What is a personal injury case?
A personal injury case is a civil claim against the person, company, or government that caused your injury. The legal name for the wrongdoing is negligence — failing to act with the care a reasonable person would. If you can prove the other side was negligent and you were harmed, they (or more often their insurance company) owe you money.
The most common personal injury cases are:
- Car accidents — by far the largest category
- Slip and fall on someone else's property
- Truck and motorcycle accidents — typically larger settlements due to severity
- Medical malpractice — see our medical malpractice page
- Defective products
- Dog bites
- Workplace injuries — often handled through workers compensation
- Wrongful death — when the injury was fatal
The five things you can recover
A personal injury settlement or verdict is meant to "make you whole" — to put you, financially, where you would have been if the injury never happened. The categories of recoverable damages are:
- Medical bills — past and future. This includes ER visits, surgery, physical therapy, prescriptions, and projected care for permanent injuries.
- Lost wages — every paycheck you missed because of the injury, plus future lost earning capacity if you can't go back to your old job.
- Property damage — your car, your bike, your phone, anything destroyed in the accident.
- Pain and suffering — the non-economic harm of being injured. Calculated using "multipliers" of medical bills (1.5x to 5x is common) or per-day formulas.
- Punitive damages — extra money meant to punish especially bad conduct, like drunk driving or reckless corporate behavior.

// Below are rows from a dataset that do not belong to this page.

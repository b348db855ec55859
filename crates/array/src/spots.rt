//! The runs of a volume set: how many blocks they have, and which protected block each of these is.
ghost use Rattle.std.specs.Prelude.{◌≡◌, ◌+◌, ◌<◌, ◌≤◌, sum_by, MatchOption};
ghost use Rattle.array.specs.Checks.{EachRun};
ghost use Rattle.array.specs.Places.{blocks_in};
ghost use Rattle.array.specs.Finding.{SpotAt, ShortRun};

use crate::volume::Run;

// A protected block of a group.
#[derive(Clone, Copy)]
pub(crate) struct GroupBlock {
    pub(crate) group: usize,
    pub(crate) block: usize,
}

// How many blocks the runs have together.
pub(crate) fn count_blocks(runs: &[Run]) -> usize
    requires { sum_by (λ r. r.count) runs.now ≤ 2097152 }
    ensures { result ≡ sum_by (λ r. r.count) runs.now }
{
    runs.iter().map(|run| run.count).sum()
}

// The protected block that is block `b` of the runs joined in order; none past their end.
pub(crate) fn find_spot(runs: &[Run], b: usize) -> Option<GroupBlock>
    requires { EachRun runs.now ShortRun }
    ensures { MatchOption result (blocks_in runs.now ≤ b) (SpotAt runs.now b) }
{
    let mut left = b;
    for run in runs {
        if left < run.count {
            return Some(GroupBlock {
                group: run.group,
                block: run.first + left,
            });
        }
        left -= run.count;
    }
    None
}
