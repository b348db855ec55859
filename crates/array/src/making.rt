//! Making a group.
ghost use Rattle.std.specs.Prelude.{◌≡◌, ◌<◌, IsTrue, ◌↔◌, [], MatchOption};
ghost use Rattle.layout.specs.Extents.{Sound};
ghost use Rattle.array.specs.Arrays.{config};
ghost use Rattle.array.specs.Blaming.{broken_by};
ghost use Rattle.array.specs.Configuration.{Unassigned, configuration};
ghost use Rattle.array.specs.Checks.{EachExtent, DifferentDrives, GroupFields};
ghost use Rattle.array.specs.Calls.{MakesGroup};
ghost use Rattle.array.specs.Planning.{Assigned, Built, Lying, Plans, Shared, FillsGroup, slot_view};

use crate::extents::{all_inside, all_on_bus, fields_fit, rows_in};
use crate::kind::MethodKind;
use crate::refusal::{Fault, Refusal, Refused, ensure};
use crate::scan::is_free;
use crate::slot::GroupSlot;
use crate::tables::Array;
use bus::Bus;
use group::fault::GroupFault;
use group::fill::fill;
use group::record::Group;
use layout::extent::{Extent, ExtentRow};

// Whether a member of the group, if there is one, shares a block with the extent.
fn shares(entry: &Option<GroupSlot>, e: &Extent) -> bool
    ensures { IsTrue result ↔ Shared e.now.row (slot_view entry.now) }
{
    let Some(slot) = entry else {
        return false;
    };
    let count = slot.group.geometry().rows();
    slot.group.active().iter().any(|m| {
        let held = Extent::new(ExtentRow {
            drive: m.drive,
            start: m.start,
            count,
        });
        held.is_some_and(|held| e.overlaps(&held))
    })
}

// Whether the extent shares a block with a member of a group.
fn is_assigned(groups: &[Option<GroupSlot>], e: &Extent) -> bool
    ensures { IsTrue result ↔ Assigned (configuration groups.now []) e.now.row }
{
    groups.iter().any(|entry| shares(entry, e))
}

// Whether no extent, as far as the rows are extents, shares a block with a member of a group.
fn are_unassigned(groups: &[Option<GroupSlot>], extents: &[ExtentRow]) -> bool
    ensures { IsTrue result ↔ EachExtent extents.now (λ e. Sound e → Unassigned (configuration groups.now []) e) }
{
    !extents.iter().any(|row| Extent::new(*row).is_some_and(|e| is_assigned(groups, &e)))
}

// The group of these extents with its method; none where two are on one drive.
fn build(kind: MethodKind, g: usize, depth: usize, extents: &[ExtentRow]) -> Option<GroupSlot>
    requires { (GroupFields kind depth extents.now) × (EachExtent extents.now Sound) }
    ensures { MatchOption result (DifferentDrives extents.now → ⊥) (λ s. Built kind g depth extents.now s) }
{
    let geometry = kind
        .geometry(extents.len(), depth, rows_in(extents))
        .unwrap();
    let group = Group::new(g, geometry, extents)?;
    Some(GroupSlot { kind, group })
}

// A fill's fault. Of these only `Failed` is possible where the extents lie on the bus; no From, since of another call they mean
// something else.
fn broken(fault: GroupFault) -> Refused
    ensures { result ≡ broken_by fault }
{
    let GroupFault::Failed {
        group,
        row,
        member,
        fault,
    } = fault
    else {
        return Refusal::Broken.into();
    };
    Refused {
        refusal: Refusal::Broken,
        fault: Some(Fault::OfRow {
            group,
            row,
            member,
            at: fault.at(),
        }),
    }
}

// Sets the blocks of the extents, which become the members of group `g`, to zeros; stops at the first that its drive
// refuses.
fn fill_group<B: Bus>(bus: &mut B, g: usize, extents: &[ExtentRow]) -> Result<(), Refused>
    requires { (EachExtent extents.now Sound) × (Lying (B.Bus.drives bus.old) extents.now) }
    ensures { FillsGroup (B.Bus.drives bus.old) (B.Bus.drives bus.new) g extents.now result }
{
    fill(bus, g, extents).map_err(broken)
}

impl Array {
    // The group to be entered, once all checks before the fill hold.
    fn plan_group<B: Bus>(
        &self,
        bus: &B,
        g: usize,
        code: usize,
        depth: usize,
        extents: &[ExtentRow],
    ) -> Result<GroupSlot, Refused>
        ensures { Plans (B.Bus.drives bus.now) (config self.now) g code depth extents.now result }
    {
        let kind = MethodKind::try_from(code)?;
        ensure(fields_fit(kind, depth, extents), Refusal::Field)?;
        ensure(all_on_bus(bus, extents), Refusal::NoDrive)?;
        ensure(is_free(&self.groups, g), Refusal::NotConfigured)?;
        ensure(all_inside(bus, extents), Refusal::Outside)?;
        ensure(are_unassigned(&self.groups, extents), Refusal::Conflict)?;
        let slot = build(kind, g, depth, extents).ok_or(Refusal::Conflict)?;
        Ok(slot)
    }

    // The code stays a number, and the extents plain rows: what is wrong with them is refused here, in its turn among the
    // checks. The four are no struct: they are the fields of a call, and each check asks two of them.

    /// Makes group `g` by the method with this code, at this depth, on these extents, and sets all their blocks to zeros.
    /// Where it is refused nothing is configured; where a drive broke, blocks of the extents may be zeros.
    pub fn make_group<B: Bus>(
        &mut self,
        bus: &mut B,
        g: usize,
        code: usize,
        depth: usize,
        extents: &[ExtentRow],
    ) -> Result<(), Refused>
        ensures { MakesGroup (B.Bus.drives bus.old) (B.Bus.drives bus.new) (config self.old) (config self.new) g code depth extents.now result }
    {
        let slot = self.plan_group(bus, g, code, depth, extents)?;
        fill_group(bus, g, extents)?;
        self.groups[g] = Some(slot);
        Ok(())
    }
}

Available in roughly 5% of cases.
How contingency fees work — the part most people don't understand
Personal injury lawyers do not charge hourly. They charge a percentage of whatever you recover. This is called a contingency fee. If they win nothing, you owe nothing.
| When the case resolves | Typical Fee | What you keep |
|---|---|---|
| Pre-suit settlement (no lawsuit filed) | 33% | 67% minus expenses |
| Settlement after lawsuit filed | 40% | 60% minus expenses |
| After appeal | 40-45% | 55-60% minus expenses |
"Expenses" are separate from the fee. These are out-of-pocket costs the firm advances on your behalf — court filing fees, expert witnesses, medical record copies, deposition transcripts, accident reconstruction. A typical mid-sized case has $2,000 to $10,000 in expenses. Catastrophic cases can have $100,000+. These come out of your settlement, on top of the fee.
So a $100,000 settlement after a lawsuit and $5,000 in expenses would look like:
- Attorney fee: $40,000 (40%)
- Expenses: $5,000
- Medical liens (paid to your medical providers): varies
- To you: $55,000 minus liens
Even after fees, people who hire personal injury attorneys recover an average of 3.5 times more than people who negotiate alone, according to a long-running Insurance Research Council study.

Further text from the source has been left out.